» REQUIRED WORK
Write the data out again, exactly as given.
◇ ◇ ◇ ◇
//! Sums of an SLO, given up where pooled ones are its sums again.
ghost use Rattle.std.specs.Prelude.{◌≡◌, ◌⊎◌, Bool, List, false};
ghost use Rattle.std.specs.List.{AllByRecursion, Contains};
ghost use Rattle.sample_book.specs.declared.Exclusion.{Exclusion};
ghost use Rattle.sample_book.specs.declared.Row.{Row};
ghost use Rattle.object_terms.specs.declared.Object.{Object};
ghost use Rattle.office_history.specs.declared.Measure.{Measure};
ghost use Rattle.kept_sums.specs.Objectives.{AreKept, HasSums, IsLike, IsPooledFor, counted};
ghost use Rattle.kept_sums.specs.Objectives.{keys_by};
ghost use Rattle.kept_sums.specs.declared.kept.ObjectiveSums.{ObjectiveSums};

use crate::kept::{KeptSums, ObjectiveSums, has_key};
use exact_fraction::Label;
use office_history::Measure;
use sample_book::SampleBook;

/// Whether an objective is one of another SLO, or none for which pooled sums are kept.
fn has_no_other(pooled: &[ObjectiveSums], slo: Label, measure: &Measure) -> bool
    ensures { result ≡ false → IsPooledFor pooled.now slo measure.now }
{
    if measure.slo != slo {
        return true;
    }
    let shared = has_key(pooled, true, measure);
    !shared
}

/// Gives up those sums of an SLO for whose objectives pooled ones are kept.
fn give_up(own: &mut Vec<ObjectiveSums>, pooled: &[ObjectiveSums], slo: Label)
    ensures sums { (made : List (Exclusion × Bool)) (rows : List Row)
        → AreKept made rows own.old.items → AreKept made rows own.new.items }
    ensures only { (members : List Object)
        → AllByRecursion (λ (k : ObjectiveSums). IsLike members false k.measure) own.old.items
        → AllByRecursion (λ (k : ObjectiveSums). IsLike members false k.measure) own.new.items }
    ensures there { (m : Measure) → Contains (keys_by false own.old.items) (counted m)
        → Contains (keys_by false own.new.items) (counted m) ⊎ IsPooledFor pooled.now slo m }
{
    own.retain(
        |kept: &ObjectiveSums| -> bool
            ensures { result ≡ false → IsPooledFor pooled.entry.now slo kept.now.measure }
        { has_no_other(pooled, slo, &kept.measure) },
    );
}

impl KeptSums {
    /// Gives up the sums of an SLO for which no exclusion is live any more, where pooled ones are
    /// kept: those are its sums then. All others stay. No memory is taken.
    pub fn pool_again(&mut self, book: &SampleBook, slo: Label)
        ensures own { (made : List (Exclusion × Bool)) (rows : List Row)
            → AreKept made rows self.old.own → AreKept made rows self.new.own }
        ensures own_only { (members : List Object)
            → AllByRecursion (λ (k : ObjectiveSums). IsLike members false k.measure) self.old.own
            → AllByRecursion (λ (k : ObjectiveSums). IsLike members false k.measure) self.new.own }
        ensures pooled { self.new.pooled ≡ self.old.pooled }
        ensures all { (m : Measure) → HasSums book.now.exclusions self.old.own self.old.pooled m
            → HasSums book.now.exclusions self.new.own self.new.pooled m }
    {
        let excluded = book.has_exclusions(slo);
        if excluded {
            return;
        }
        give_up(&mut self.own, &self.pooled, slo);
    }
}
◇ ◇ ◇ ◇
» COMPLETED TASK
//! Sums of an SLO, given up where pooled ones are its sums again.
ghost use Rattle.std.specs.Prelude.{◌≡◌, ◌⊎◌, Bool, List, false};
ghost use Rattle.std.specs.List.{AllByRecursion, Contains};
ghost use Rattle.sample_book.specs.declared.Exclusion.{Exclusion};
ghost use Rattle.sample_book.specs.declared.Row.{Row};
ghost use Rattle.object_terms.specs.declared.Object.{Object};
ghost use Rattle.office_history.specs.declared.Measure.{Measure};
ghost use Rattle.kept_sums.specs.Objectives.{AreKept, HasSums, IsLike, IsPooledFor, counted};
ghost use Rattle.kept_sums.specs.Objectives.{keys_by};
ghost use Rattle.kept_sums.specs.declared.kept.ObjectiveSums.{ObjectiveSums};

use crate::kept::{KeptSums, ObjectiveSums, has_key};
use exact_fraction::Label;
use office_history::Measure;
use sample_book::SampleBook;

/// Whether an objective is one of another SLO, or none for which pooled sums are kept.
fn has_no_other(pooled: &[ObjectiveSums], slo: Label, measure: &Measure) -> bool
    ensures { result ≡ false → IsPooledFor pooled.now slo measure.now }
{
    if measure.slo != slo {
        return true;
    }
    let shared = has_key(pooled, true, measure);
    !shared
}

/// Gives up those sums of an SLO for whose objectives pooled ones are kept.
fn give_up(own: &mut Vec<ObjectiveSums>, pooled: &[ObjectiveSums], slo: Label)
    ensures sums { (made : List (Exclusion × Bool)) (rows : List Row)
        → AreKept made rows own.old.items → AreKept made rows own.new.items }
    ensures only { (members : List Object)
        → AllByRecursion (λ (k : ObjectiveSums). IsLike members false k.measure) own.old.items
        → AllByRecursion (λ (k : ObjectiveSums). IsLike members false k.measure) own.new.items }
    ensures there { (m : Measure) → Contains (keys_by false own.old.items) (counted m)
        → Contains (keys_by false own.new.items) (counted m) ⊎ IsPooledFor pooled.now slo m }
{
    own.retain(
        |kept: &ObjectiveSums| -> bool
            ensures { result ≡ false → IsPooledFor pooled.entry.now slo kept.now.measure }
        { has_no_other(pooled, slo, &kept.measure) },
    );
}

impl KeptSums {
    /// Gives up the sums of an SLO for which no exclusion is live any more, where pooled ones are
    /// kept: those are its sums then. All others stay. No memory is taken.
    pub fn pool_again(&mut self, book: &SampleBook, slo: Label)
        ensures own { (made : List (Exclusion × Bool)) (rows : List Row)
            → AreKept made rows self.old.own → AreKept made rows self.new.own }
        ensures own_only { (members : List Object)
            → AllByRecursion (λ (k : ObjectiveSums). IsLike members false k.measure) self.old.own
            → AllByRecursion (λ (k : ObjectiveSums). IsLike members false k.measure) self.new.own }
        ensures pooled { self.new.pooled ≡ self.old.pooled }
        ensures all { (m : Measure) → HasSums book.now.exclusions self.old.own self.old.pooled m
            → HasSums book.now.exclusions self.new.own self.new.pooled m }
    {
        let excluded = book.has_exclusions(slo);
        if excluded {
            return;
        }
        give_up(&mut self.own, &self.pooled, slo);
    }
}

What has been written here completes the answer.